=== Task item ===
Count the lines below that contain the word "FindsJournal" and give only that number.

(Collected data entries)
"""

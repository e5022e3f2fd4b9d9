//! Queries for the entries of meters by index.
ghost use Rattle.std.specs.Prelude.{◌≡◌, false, IfOk, IfSome, IsUtf8};
ghost use Rattle.office_books.specs.Ranges.{IsSound};
ghost use Rattle.office_books.specs.Meters.{entry_at};
ghost use Rattle.office_store.specs.Metering.Entries.{ShowsEntries, ShowsVoids, FindsJournal};
ghost use Rattle.office_store.specs.Metering.Sound.{HasReadableJournals};
ghost use Rattle.office_store.specs.Finding.Finding.{Finds};

use crate::metering::journal::journal_rows;
use crate::metering::meters::meter;
use crate::metering::places::placed;
use crate::text;
use meter_journal::{EntryRow, places_were_kept, rows_are_kept, voids_change_two_rows};
use office_books::{installations_are_in_range, journals_fit};
use office_events::{EntryContext, Name};
use sqlite::{Alter, Connection, Row};
use std::alloc::Global;
use store_tables::{RowFault, check_open, entry_rows, void_rows};

/// Queries the entries of a meter, ordered by index.
fn entries<S: Alter>(conn: &mut Connection<S>, meter: &str) -> Result<Vec<Row>, RowFault>
    requires { conn.old.in_transaction ≡ false }
    ensures { Finds S.Store conn.old conn.new result
        (λ facts rows. ShowsEntries meter.now facts rows.items) HasReadableJournals }
{
    journals_fit();
    rows_are_kept();
    check_open(conn)?;
    let rows = entry_rows(conn, meter)?;
    Ok(rows)
}

/// Queries a meter's rows of `voids`, which cancel single entries.
pub(crate) fn voids<S: Alter>(conn: &mut Connection<S>, meter: &str) -> Result<Vec<Row>, RowFault>
    requires { conn.old.in_transaction ≡ false }
    ensures { Finds S.Store conn.old conn.new result
        (λ facts rows. ShowsVoids meter.now facts rows.items) HasReadableJournals }
{
    check_open(conn)?;
    let rows = void_rows(conn, meter)?;
    Ok(rows)
}

/// Returns all entries of a meter except its first one, the oldest first. Entries that a row of
/// `voids` cancels are marked.
pub(crate) fn rows<S: Alter>(
    alloc: Global,
    conn: &mut Connection<S>,
    meter: &str,
) -> Result<Vec<EntryRow>, RowFault>
    requires { conn.old.in_transaction ≡ false }
    ensures { Finds S.Store conn.old conn.new result
        (λ facts rows. FindsJournal meter.now facts rows.items) HasReadableJournals }
{
    journals_fit();
    rows_are_kept();
    voids_change_two_rows();
    let entries = entries(conn, meter)?;
    let voids = voids(conn, meter)?;
    journal_rows(alloc, &entries, &voids)
}

/// Returns the meter entry at index `place`, the meter's state before this entry, and the next
/// entry that is not voided (cancelled). Returns None for index 1. Reads all entries of the meter.
pub fn entry<S: Alter>(
    alloc: Global,
    conn: &mut Connection<S>,
    name: &Name,
    place: u64,
) -> Result<Option<EntryContext>, RowFault>
    requires { conn.old.in_transaction ≡ false }
    ensures finds { Finds S.Store conn.old conn.new result
        (λ facts found. found ≡ entry_at facts name.now place)
        (λ facts. IsUtf8 name.now × HasReadableJournals facts) }
    ensures sound { IfOk result (λ found. IfSome found (λ p. IsSound p.before)) }
{
    journals_fit();
    rows_are_kept();
    places_were_kept();
    installations_are_in_range();
    let text = text(name)?;
    let Some(whole) = meter(conn, name)? else {
        return Ok(None);
    };
    let rows = rows(alloc, conn, text)?;
    placed(&whole, &rows, place)
}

"""

=== Exercise answer ===
2